War and Peace

film review

by

Fifth Estate # 79, May 15-28, 1969

Most movies leave us with so little that it probably seems unfair to dump on Sergei Bondarchuk’s film of “War and Peace” simply because it doesn’t leave us with enough.

What it does give us is some rich and memorable images: a pregnant woman sewing by the light of an open window, reminiscent of Vermeer. The coming of Spring heralded by a variety of colors and textures that send the senses reeling, almost as if you could touch and smell the infinite sweetness of that budding flower up there on the screen.

Young Natasha’s startling, radiant entrance upon a scene with the sunlight bounding off her head. And, much later, Natasha’s first ball at which she meets and falls in love with the ill-fated Andrei.

Waltzing around the massive, mirrored ballroom, she expresses so effectively the feminine excitement and wonder of a young girl coming of age, not with words, but through the movements of her whole body.

Or that timeless, lyrical moment which seems so far removed from the rest of the movie, like that inspired scene in “Jules et Jim” as Jeanne Moreau sings “Le Tourbillon,” when Natasha performs a delightful Russian folk dance in accompaniment to her Uncle on guitar.

It’s moments like these when you actually think that Bondarchuk has captured the essence of Tolstoy in images—his celebration and love of life. Then the-movie launches into the long and heavy battle scenes and after only ten minutes into the Battle of Austerlitz you no longer expect “War and Peace” to breathe and live; you just sit there, soaking it up like a sponge.

It isn’t shoddy (except for the music). On the contrary. What makes “War and Peace” so uninteresting is that it’s in such goddamn good taste. Someone may get his leg blown off during the Battle of Borodino, but you can rest assured that the frame will be geometrically impeccably composed.

It’s all so ploddingly intelligent and controlled, so “distinguished,” so stately, respectable, and static—all perfection and so few surprises.
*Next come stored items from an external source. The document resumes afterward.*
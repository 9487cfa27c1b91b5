//! The start, and the opening of files.

ghost use Rattle.std.specs.Prelude.{◌≡◌, ℕ, ◌+◌, ◌-◌, replicate, ◌<◌, ◌≤◌, length, vec_capacity, true, Some, None, Ok, IfOk, IfSome};
ghost use Rattle.file_table.specs.declared.state.Target.TheVariants as targets;
ghost use Rattle.file_table.specs.Descriptors.{lone_of};
ghost use Rattle.file_tree.specs.declared.kind.Kind.TheVariants.{File};
ghost use Rattle.file_tree.specs.Making.{made};
ghost use Rattle.file_tree.specs.Nodes.{Has, kind_in, holds_in};
ghost use Rattle.file_table.specs.Due.{Answers, LeavesTree};
ghost use Rattle.file_table.specs.Flags.{are_wrong, changes, has, kept};
ghost use Rattle.file_table.specs.Opening.{bare, device_description, new_device, open_from, open_kind, open_made, open_there, opened, standing, started, target_description, vacant, with_devices, with_opened, with_target};
ghost use Rattle.file_table.specs.Sound.{AreReady};
ghost use Rattle.file_table.specs.State.{at, is_open_by, put};

use crate::descriptors::free_place;
use crate::fault::FileFault;
use crate::files::{COUNT, Files};
use crate::moving::can_write;
use crate::pipes::Input;
use crate::state::{Description, Descriptor, Device, Target};
use bitflags::Flags;
use call_table::OpenFlags;
use file_tree::{Errno, Inode, Kind, Tree, TreeFault};
use le_fields::Bytes;
use std::alloc::{AllocError, Global};

/// A file that is missing is made.
const CREATE: u64 = 0x40;

/// It is refused where the file is there.
const EXCLUSIVE: u64 = 0x80;

/// The file becomes empty.
const TRUNCATE: u64 = 0x200;

/// It is refused where it isn't a directory.
const DIRECTORY: u64 = 0x10000;

/// The descriptor is closed by execve.
const CLOSE_ON_EXEC: u64 = 0x80000;

/// The place in the tree alone.
const PATH: u64 = 0x200000;

/// A file without a name.
const TEMPORARY: u64 = 0x400000;

/// What a description keeps of the flags.
const KEPT: u64 = 0x38C03;

impl Files {
    /// The table of a process that begins: descriptor d names device d, for reading and writing. Where a file is given,
    /// descriptor 0 names it, for reading alone. There are `devices` devices, at most 8. It costs by the number of
    /// descriptors, and so does its memory.
    ///
    /// References: stdin(3). That each device has a descriptor of its number is the project's own.
    pub fn new(
        alloc: Global,
        tree: Tree,
        devices: usize,
        input: Option<Inode>,
    ) -> Result<Files, AllocError>
        requires few { devices ≤ 8 }
        requires free { (inode : ℕ) → holds_in tree inode ≡ 0 }
        requires input { IfSome input (λ inode. kind_in tree inode ≡ Some File) }
        ensures { IfOk result (λ files. files ≡ started tree devices input) }
    {
        let mut files = Files::bare(alloc, tree, devices)?;
        match input {
            Some(inode) => {
                files.open_node(0, inode, 0);
                files.stand_all(1, devices);
                Ok(files)
            }
            None => {
                files.stand_all(0, devices);
                Ok(files)
            }
        }
    }

    /// No descriptor is open.
    #[tactic(auto, unfolding(crate::specs::Opening::bare))]
    fn bare(alloc: Global, tree: Tree, devices: usize) -> Result<Files, AllocError>
        requires { (inode : ℕ) → holds_in tree inode ≡ 0 }
        ensures { IfOk result (λ files. files ≡ bare tree devices) }
    {
        let _ = tree.root();
        let descriptors = free_places(alloc, COUNT)?;
        let descriptions = Vec::with_capacity(alloc, COUNT)?;
        let devices = new_devices(alloc, devices)?;
        Ok(Files {
            tree,
            descriptors,
            descriptions,
            devices,
            pipes: Vec::new(alloc),
        })
    }

    /// Devices, each with a descriptor of its number, from one on.
    fn stand_all(&mut self, first: usize, devices: usize)
        requires few { devices ≤ 8 }
        requires ready { AreReady first devices self.old }
        ensures { self.new ≡ with_devices first (devices - first) self.old }
    {
        let mut device = first;
        'standing: while device < devices {
            self.stand(device);
            device += 1;
        }
    }

    /// A device with a descriptor of its number.
    fn stand(&mut self, device: usize)
        requires low { device < 256 }
        requires ready { AreReady device (device + 1) self.old }
        ensures { self.new ≡ standing device (device_description device) self.old }
    {
        self.descriptors[device] = Some(Descriptor {
            description: device,
            close_on_exec: false,
        });
        put(
            &mut self.descriptions,
            device,
            Description {
                target: Target::Device(device),
                flags: 2,
                offset: 0,
            },
        );
    }

    /// Opens what a path leads to, from the directory that a descriptor names on, and tells the descriptor, which is the
    /// least that is free. A file that is missing is made, where the flags say so. Its cost is that of a walk, and that of
    /// looking at each descriptor and description; its memory is that of an entry that is made.
    ///
    /// It is refused with `EINVAL` where the flags have both access bits, or want a place or a file without a name, then with
    /// `EBADF` where the path isn't absolute and the descriptor isn't open, then with `EMFILE` where no descriptor is free,
    /// and then as the tree refuses the path; with `EEXIST` where the file is there and must not be, with `EISDIR` where a
    /// directory would be changed, and with `ENOTDIR` where a directory is wanted and there is none.
    ///
    /// References: open(2), openat(2).
    #[tactic(auto, unfolding(crate::specs::Opening::opened))]
    pub fn open_at(
        &mut self,
        alloc: Global,
        dir: i64,
        path: &[u8],
        flags: OpenFlags,
    ) -> Result<u32, FileFault>
        ensures { Answers result (opened dir path.now flags.0 self.old) self.old self.new }
    {
        let flags = flags.bits();
        if are_wrong(flags) {
            return Err(FileFault::Errno(Errno::EINVAL));
        }
        match self.base(dir, path) {
            Ok(from) => match self.free(0) {
                Some(fd) => self.open_from(alloc, fd, from, path, flags),
                None => Err(FileFault::Errno(Errno::EMFILE)),
            },
            Err(Errno::EBADF) => Err(FileFault::Errno(Errno::EBADF)),
            Err(errno) => match self.free(0) {
                Some(_) => Err(FileFault::Errno(errno)),
                None => Err(FileFault::Errno(Errno::EMFILE)),
            },
        }
    }

    /// Opens what a path leads to as a descriptor that is free.
    fn open_from(
        &mut self,
        alloc: Global,
        fd: usize,
        from: Inode,
        path: &[u8],
        flags: u64,
    ) -> Result<u32, FileFault>
        requires low { fd < 256 }
        requires free { at self.old.descriptors fd ≡ None }
        requires there { Has self.old.tree from }
        ensures { Answers result (open_from from path.now flags fd self.old) self.old self.new }
    {
        match self.tree.walk(from, path) {
            Ok(inode) => self.open_there(fd, inode, flags),
            Err(Errno::ENOENT) => {
                if !has(flags, CREATE) {
                    return Err(FileFault::Errno(Errno::ENOENT));
                }
                self.open_made(alloc, fd, from, path, flags)
            }
            Err(errno) => Err(FileFault::Errno(errno)),
        }
    }

    /// Opens an entry of the tree.
    fn open_there(&mut self, fd: usize, inode: Inode, flags: u64) -> Result<u32, FileFault>
        requires low { fd < 256 }
        requires free { at self.old.descriptors fd ≡ None }
        requires there { Has self.old.tree inode }
        ensures { Answers result (open_there fd inode flags self.old) self.old self.new }
    {
        if has(flags, CREATE) && has(flags, EXCLUSIVE) {
            return Err(FileFault::Errno(Errno::EEXIST));
        }
        match self.tree.kind(inode) {
            Kind::File => self.open_file(fd, inode, flags),
            Kind::Dir => {
                if changes(flags) {
                    return Err(FileFault::Errno(Errno::EISDIR));
                }
                self.open_node(fd, inode, flags);
                Ok(fd as u32)
            }
        }
    }

    /// Opens a file.
    fn open_file(&mut self, fd: usize, file: Inode, flags: u64) -> Result<u32, FileFault>
        requires low { fd < 256 }
        requires free { at self.old.descriptors fd ≡ None }
        requires kind { kind_in self.old.tree file ≡ Some File }
        ensures { Answers result (open_kind (Some File) fd file flags self.old) self.old self.new }
    {
        if has(flags, DIRECTORY) {
            return Err(FileFault::Errno(Errno::ENOTDIR));
        }
        if !has(flags, TRUNCATE) {
            self.open_node(fd, file, flags);
            return Ok(fd as u32);
        }
        match self.resize(file, 0) {
            Ok(()) => {
                self.open_node(fd, file, flags);
                Ok(fd as u32)
            }
            Err(fault) => Err(fault),
        }
    }

    /// Makes a file, and opens it.
    fn open_made(
        &mut self,
        alloc: Global,
        fd: usize,
        from: Inode,
        path: &[u8],
        flags: u64,
    ) -> Result<u32, FileFault>
        requires low { fd < 256 }
        requires free { at self.old.descriptors fd ≡ None }
        requires there { Has self.old.tree from }
        ensures { Answers result (open_made from path.now flags fd self.old) self.old self.new }
    {
        if has(flags, DIRECTORY) {
            return Err(FileFault::Errno(Errno::ENOTDIR));
        }
        match self.create(alloc, from, path) {
            Ok(inode) => {
                self.open_node(fd, inode, flags);
                Ok(fd as u32)
            }
            Err(fault) => Err(fault),
        }
    }

    /// Makes a file.
    fn create(&mut self, alloc: Global, from: Inode, path: &[u8]) -> Result<Inode, FileFault>
        requires { Has self.old.tree from }
        ensures tree { LeavesTree result (made File from path.now self.old.tree) self.old self.new }
        ensures inode { IfOk result (λ inode. inode ≡ self.old.tree.next) }
        ensures there { IfOk result (λ inode. Has self.new.tree inode) }
    {
        match self.tree.create_file(alloc, from, path) {
            Ok(inode) => Ok(inode),
            Err(TreeFault::Errno(errno)) => Err(FileFault::Errno(errno)),
            Err(TreeFault::Memory) => Err(FileFault::Memory),
        }
    }

    /// Opens an entry of the tree, with a description of its own.
    fn open_node(&mut self, fd: usize, inode: Inode, flags: u64)
        requires low { fd < 256 }
        requires free { at self.old.descriptors fd ≡ None }
        requires there { Has self.old.tree inode }
        ensures { self.new ≡ with_opened fd inode flags self.old }
    {
        let number = vacant(self.descriptions.as_slice());
        self.tree.hold(inode);
        self.descriptors[fd] = Some(Descriptor {
            description: number,
            close_on_exec: has(flags, CLOSE_ON_EXEC),
        });
        put(
            &mut self.descriptions,
            number,
            target_description(Target::Node(inode), flags),
        );
    }

    /// Opens an end of a pipe, with a description of its own.
    pub(crate) fn open_end(&mut self, fd: usize, pipe: usize, writes: bool, flags: u64)
        requires low { fd < 256 }
        requires free { at self.old.descriptors fd ≡ None }
        requires there { is_open_by writes (at self.old.pipes pipe) ≡ true }
        requires fresh { (number : ℕ) → lone_of (at self.old.descriptions number) ≡ Some (targets.Pipe pipe writes) → ⊥ }
        ensures { self.new ≡ with_target fd (targets.Pipe pipe writes) flags self.old }
    {
        let number = vacant(self.descriptions.as_slice());
        self.descriptors[fd] = Some(Descriptor {
            description: number,
            close_on_exec: has(flags, CLOSE_ON_EXEC),
        });
        put(
            &mut self.descriptions,
            number,
            target_description(Target::Pipe { pipe, writes }, flags),
        );
    }
}

/// The description of what is opened.
fn target_description(target: Target, flags: u64) -> Description
    ensures { result ≡ target_description target flags }
{
    Description {
        target,
        flags: flags & KEPT,
        offset: 0,
    }
}

/// Descriptors that aren't open.
fn free_places(alloc: Global, count: usize) -> Result<Vec<Option<Descriptor>>, AllocError>
    ensures { IfOk result (λ places. places.items ≡ replicate count None) }
{
    let mut places = Vec::new(alloc);
    match places.resize(count, None) {
        Ok(()) => Ok(places),
        Err(error) => Err(error),
    }
}

/// Devices to which nothing was written.
fn new_devices(alloc: Global, count: usize) -> Result<Vec<Device>, AllocError>
    ensures { IfOk result (λ devices. devices.items ≡ replicate count new_device) }
{
    let mut devices = Vec::new(alloc);
    for index in 0..count {
        devices.push(Device {
            output: Bytes::new(alloc),
            input: Input::new(alloc)?,
            ended: false,
            live: true,
        })?;
    }
    Ok(devices)
}

/// The least number that no description has.
#[tactic(auto, using(crate::proofs::CountFacts::vacant_found, crate::proofs::CountFacts::vacant_end))]
fn vacant(places: &[Option<Description>]) -> usize
    ensures { result ≡ vacant places.now }
{
    match free_place(places, 0) {
        Some(number) => number,
        None => places.len(),
    }
}

/// Puts a description at a place, or behind the last one.
fn put(places: &mut Vec<Option<Description>>, number: usize, it: Description)
    requires behind { number ≤ length places.old.items }
    requires low { number < 256 }
    requires room { 256 ≤ vec_capacity places.old }
    ensures items { places.new.items ≡ put number it places.old.items }
    ensures room { 256 ≤ vec_capacity places.new }
{
    if number < places.len() {
        places[number] = Some(it);
        return;
    }
    places.push_reserved(Some(it));
}

/// Whether flags have a bit.
fn has(flags: u64, bit: u64) -> bool
    ensures { result ≡ has flags bit }
{
    flags & bit == bit
}

/// Whether flags can't be had.
fn are_wrong(flags: u64) -> bool
    ensures { result ≡ are_wrong flags }
{
    flags % 4 == 3 || has(flags, PATH) || has(flags, TEMPORARY)
}

/// Whether a directory would be changed by these flags.
fn changes(flags: u64) -> bool
    ensures { result ≡ changes flags }
{
    can_write(flags) || has(flags, CREATE) || has(flags, TRUNCATE)
}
But who wants to see a movie that’s so meticulously worked-out and worked-over, it’s finished, it’s dead? We are denied the pleasures of involvement through thinking because everything’s already been conveniently thought out for us.

It’s like watching a gigantic task of stone masonry. “War and Peace” is not exactly a failure, but neither is it art) it’s heavy labor, which, of course, many people respect more than art.

The worst problem with movie epics is that they usually start with an epic in another form, so the director must try to make another masterpiece to compete with the already existing one.

I don’t think that anybody who tried to put a great work of literature on the screen stands much of a chance of reproducing its greatness in another medium, and probably much of its richness will be lost, but there is an irresistible and certainly not-to-be-condemned desire to visualize works we love.

We may squirm when we see “War and Peace” on the screen, but surely we must recognize that Bondarchuk has been carried away by his love.

But is his love enough? I don’t think it is. No matter how pure his intentions, Bondarchuk can’t really meet the challenge. His “War and Peace” wants to be a great film. It is a huge sprawling epic an attempt to use the medium to its fullest, to overwhelm the senses and feelings through scope and size.

It is a big, respectable, dull movie that, in the face of all the detail, statistics, and expenditure that it boasts, doesn’t really seem worth all the effort because it’s all so forgettable.

As a historical recreation of 19th century Russia, it may be impressive for the moment, but once you leave the theatre, it has evaporated. And really, couldn’t we ask more of a movie that reportedly cost $100,000,000?

Why aren’t there more moments like Natasha’s sunlit entrance or her inspired Russian folk dance to remember and respond not merely to the beauty of the photography but the beauty of the conception.

In recent years the spectacle form has become so vulgarized that probably most educated moviegoers have just about given it up. The art-house audiences don’t think of movies in those terms anymore because in general they feel that the only way for artists to work in the medium is frugally.

Though there might occasionally be great sequences in big pictures, like the entering of the snow-covered summerhouse in “Dr. Zhivago,” those who knew the novel had probably left by then.

If, however, you will admit that you went to see “Dr. Zhivago” under the delusion that it was going to be like the book, but you stayed anyway to enjoy the vastness of the Siberian landscape and the pleasures of the senses that a wide screen can provide—the pleasures of depth and distances—then you may be willing to sit through 6-1/2 hours of “War and Peace.”